But whatever he does now, especially in his unreformed state, will be rather uncomfortable for him. Can you imagine what it’s like when six billion people, every person you encounter, every woman you encounter, knows all about your sex life? How can he comfortably make his usual moves on women, when every woman on the planet knows his moves? (And by the way I still do not understand why so many of his girlfriends, whom he had not harmed, have harmed him with all the details about the affairs.) Not that there will be any shortage. The attraction of sexually liberated females to alpha males, whether of the criminal type or the celebrity type, will continue unabated. If women hook up with convicted murderers in prison, Tiger Woods will have no problem finding lots of willing females happy to hook up with a “disgraced” celebrity adulterer.

However, if he now simply embarks on the Playboy lifestyle, how can he win back the favor of advertisers?

Here’s the problem: his former image is in tatters, and, absent the repentant project of fixing or pretending to fix his behavior and saving his marriage, there is no way for him to get it back.

- end of initial entry -

Paul K. writes:

You wrote, “Can you imagine what it’s like when six billion people, every person you encounter, every woman you encounter, knows all about your sex life?”

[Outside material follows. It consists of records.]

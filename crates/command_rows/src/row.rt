//! Rows as they are read, and what their commands leave.

use crate::texts::bytes_of;
use fi_cli::top;
use fic_io::{MemShelf, MemSink, Open};
use std::alloc::Global;

/// A row so far. Its files stay for each of its commands; all else is of one command.
#[derive(Drop)]
pub struct Row {
    /// Its name.
    pub name: String,
    /// The files that the commands find, the newest of a name first.
    files: Vec<(String, Vec<u8>)>,
    /// The words of the command.
    words: Vec<String>,
    /// The calls of the shelf that fail.
    fails: Vec<u64>,
    /// How many bytes the two sinks take.
    rooms: (usize, usize),
    /// The bytes that it has to write.
    out: Vec<u8>,
    /// A piece that stands in what it writes, where the whole isn't worked out.
    piece: Option<Vec<u8>>,
    /// The bytes that it has to write to the error stream.
    err: Vec<u8>,
    /// The file that takes what it writes.
    kept: Option<String>,
}

// The most bytes that a sink takes in one call.
const MOST: usize = 7;

// How many bytes a sink takes where a row says nothing.
const ROOM: usize = 1 << 20;

impl Row {
    /// A row of which nothing is read.
    pub fn new(alloc: Global) -> Row {
        Row {
            name: String::new(alloc),
            files: Vec::new(alloc),
            words: Vec::new(alloc),
            fails: Vec::new(alloc),
            rooms: (ROOM, ROOM),
            out: Vec::new(alloc),
            piece: None,
            err: Vec::new(alloc),
            kept: None,
        }
    }

    /// Reads a line. The status that the command has to end with, where the line is the last of one.
    pub fn read(&mut self, alloc: Global, line: &str) -> anyhow::Result<Option<u8>> {
        let (kind, text) = match line.split_once(' ') {
            Some(both) => both,
            None => (line, ""),
        };
        match kind {
            "status" => return Ok(Some(text.parse::<u8>()?)),
            "row" => {
                *self = Row::new(alloc);
                self.name = String::from_str(alloc, text)?;
            }
            "words" => self.read_words(alloc, text)?,
            "file" => self.read_file(alloc, text)?,
            "more" => self.read_more(alloc, text)?,
            "fails" => self.fails.push(text.parse::<u64>()?)?,
            "room-out" => self.rooms.0 = text.parse::<usize>()?,
            "room-err" => self.rooms.1 = text.parse::<usize>()?,
            "out" => self.out = bytes_of(alloc, text)?,
            "out-has" => self.piece = Some(bytes_of(alloc, text)?),
            "err" => self.err = bytes_of(alloc, text)?,
            "keep" => self.kept = Some(String::from_str(alloc, text)?),
            "" | "#" => {}
            _ => anyhow::bail!("no line of a row"),
        }
        Ok(None)
    }

    fn read_words(&mut self, alloc: Global, text: &str) -> anyhow::Result<()> {
        for word in text.split_whitespace() {
            let word = String::from_str(alloc, word)?;
            self.words.push(word)?;
        }
        Ok(())
    }

    fn read_file(&mut self, alloc: Global, text: &str) -> anyhow::Result<()> {
        let (name, content) = match text.split_once(' ') {
            Some(both) => both,
            None => (text, ""),
        };
        let name = String::from_str(alloc, name)?;
        let content = bytes_of(alloc, content)?;
        self.files.insert(0, (name, content))?;
        Ok(())
    }

    // So many times a text behind the newest file.
    fn read_more(&mut self, alloc: Global, text: &str) -> anyhow::Result<()> {
        let Some((count, content)) = text.split_once(' ') else {
            anyhow::bail!("no text to repeat");
        };
        let content = bytes_of(alloc, content)?;
        let Some(file) = self.files.first_mut() else {
            anyhow::bail!("no file");
        };
        for _ in 0..count.parse::<u32>()? {
            file.1.extend_from_slice(content.as_slice())?;
        }
        Ok(())
    }

    /// What the command leaves, where that is something else than it has to leave. The next command of the row begins then.
    pub fn other_than(&mut self, alloc: Global, status: u8) -> anyhow::Result<Option<String>> {
        let Ok(mut out) = MemSink::new(alloc, self.rooms.0, MOST) else {
            anyhow::bail!("no memory");
        };
        let Ok(mut err) = MemSink::new(alloc, self.rooms.1, MOST) else {
            anyhow::bail!("no memory");
        };
        let mut shelf = self.shelf(alloc)?;
        let words = self.words.as_slice();
        let got = top(alloc, words, &mut shelf, &mut out, &mut err, &Open {});
        let is_wanted = got == status
            && err.bytes() == self.err.as_slice()
            && self.is_output(out.bytes());
        let told = if is_wanted {
            None
        } else {
            let line = String::from_utf8(err.bytes().to_vec(alloc)?)?;
            Some(format!(in alloc; "status {got}, `{}`", line.as_str().trim_end())?)
        };
        self.turn(alloc, out.bytes())?;
        Ok(told)
    }

    fn shelf(&self, alloc: Global) -> anyhow::Result<MemShelf> {
        let mut files = Vec::new(alloc);
        for (name, content) in self.files.iter() {
            files.push((name.clone()?, content.clone()?))?;
        }
        Ok(MemShelf::new(alloc, files, self.fails.clone()?))
    }

    // Whether these bytes are what has to be written.
    fn is_output(&self, bytes: &[u8]) -> bool {
        match &self.piece {
            None => bytes == self.out.as_slice(),
            Some(piece) => bytes
                .windows(piece.len().max(1))
                .any(|part| part == piece.as_slice()),
        }
    }

    // Forgets all but the files, and keeps what was written where a file takes it.
    fn turn(&mut self, alloc: Global, bytes: &[u8]) -> anyhow::Result<()> {
        if let Some(name) = self.kept.take() {
            self.files.insert(0, (name, bytes.to_vec(alloc)?))?;
        }
        self.words.clear();
        self.fails.clear();
        self.rooms = (ROOM, ROOM);
        self.out.clear();
        self.piece = None;
        self.err.clear();
        Ok(())
    }
}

I used to wonder the same thing about Bill Clinton. If I were he, I would have felt so disgraced I would have had to cloister myself in a remote monastery. But it never seemed to bother him that much. It’s hard to imagine what it must be like to be devoid of shame. The two situations are different in that Clinton’s proclivities were hardly a secret when he was elected, while Tiger’s success is tied to the false image he had constructed. He can continue to compete in golf, and will no doubt continue to get the sleazy sort of women he fancies (as does O.J.), but his endorsement days are over. He played the public for fools.

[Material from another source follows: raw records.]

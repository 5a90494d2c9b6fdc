//! Texts of rows, in which a backslash begins what has no place in a line.

ghost use Rattle.std.specs.Prelude.{◌<◌, IfSome};

use std::alloc::Global;

/// The bytes that a text of a row stands for: `\n`, `\t` and `\r` are a line feed, a tab and a carriage return, and `\x` with two hex
/// digits is that byte.
pub fn bytes_of(alloc: Global, text: &str) -> anyhow::Result<Vec<u8>> {
    let mut out = Vec::new(alloc);
    let mut is_first = true;
    for piece in text.split('\\') {
        if is_first {
            out.extend_from_slice(piece.as_bytes())?;
        } else {
            put_escaped(&mut out, piece.as_bytes())?;
        }
        is_first = false;
    }
    Ok(out)
}

// What stands behind a backslash.
fn put_escaped(out: &mut Vec<u8>, piece: &[u8]) -> anyhow::Result<()> {
    let Some((byte, rest)) = escaped(piece) else {
        anyhow::bail!("no byte behind a backslash");
    };
    out.push(byte)?;
    out.extend_from_slice(rest)?;
    Ok(())
}

// The byte that a letter behind a backslash stands for, and what comes behind it.
fn escaped(piece: &[u8]) -> Option<(u8, &[u8])> {
    let (kind, rest) = piece.split_first()?;
    match *kind {
        b'n' => Some((b'\n', rest)),
        b't' => Some((b'\t', rest)),
        b'r' => Some((b'\r', rest)),
        b'x' => hex_byte(rest),
        _ => None,
    }
}

// The byte that two hex digits are, and what stands behind them.
fn hex_byte(text: &[u8]) -> Option<(u8, &[u8])> {
    let (high, more) = text.split_first()?;
    let (low, behind) = more.split_first()?;
    Some((hex_digit(*high)? * 16 + hex_digit(*low)?, behind))
}

// The number that a hex digit is.
fn hex_digit(digit: u8) -> Option<u8>
    ensures { IfSome result (λ d. d < 16) }
{
    match digit {
        b'0'..=b'9' => Some(digit - b'0'),
        b'a'..=b'f' => Some(digit - b'a' + 10),
        _ => None,
    }
}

I saw a commenter at another site who said that the worst thing about this whole affair is that it reinforces the stereotypes people have about black men. I think we can all agree it would be great if black men would stop constantly reinforcing those “stereotypes.”

John Hagan writes:

The next, and final Woods scandal: steroids. That’s the body of an NFL linebacker. It’s physiologically impossible to add that much muscle mass after age twenty-five, let alone in your early 30s.

LA replies:

Woods on steroids? Whoa

LA continues:

His excessively toned and shaped physique—a body-builder’s physique which by the way does not fit the aesthetic of golf—adds to the negative impression I’ve always had of him as a kind of machine, a walking corporation and product endorsement, not a human being. He’s manufactured. And inside that synthetic, manufactured image, there is the reality of his tawdry sex life, in which he’s engaged in the nonstop pursuit and management of multiple girlfriends at the same time.

So, he’s a mechanical man on the outside, and a relentless, soulless skirt chaser on the inside. This is the reality of Woods.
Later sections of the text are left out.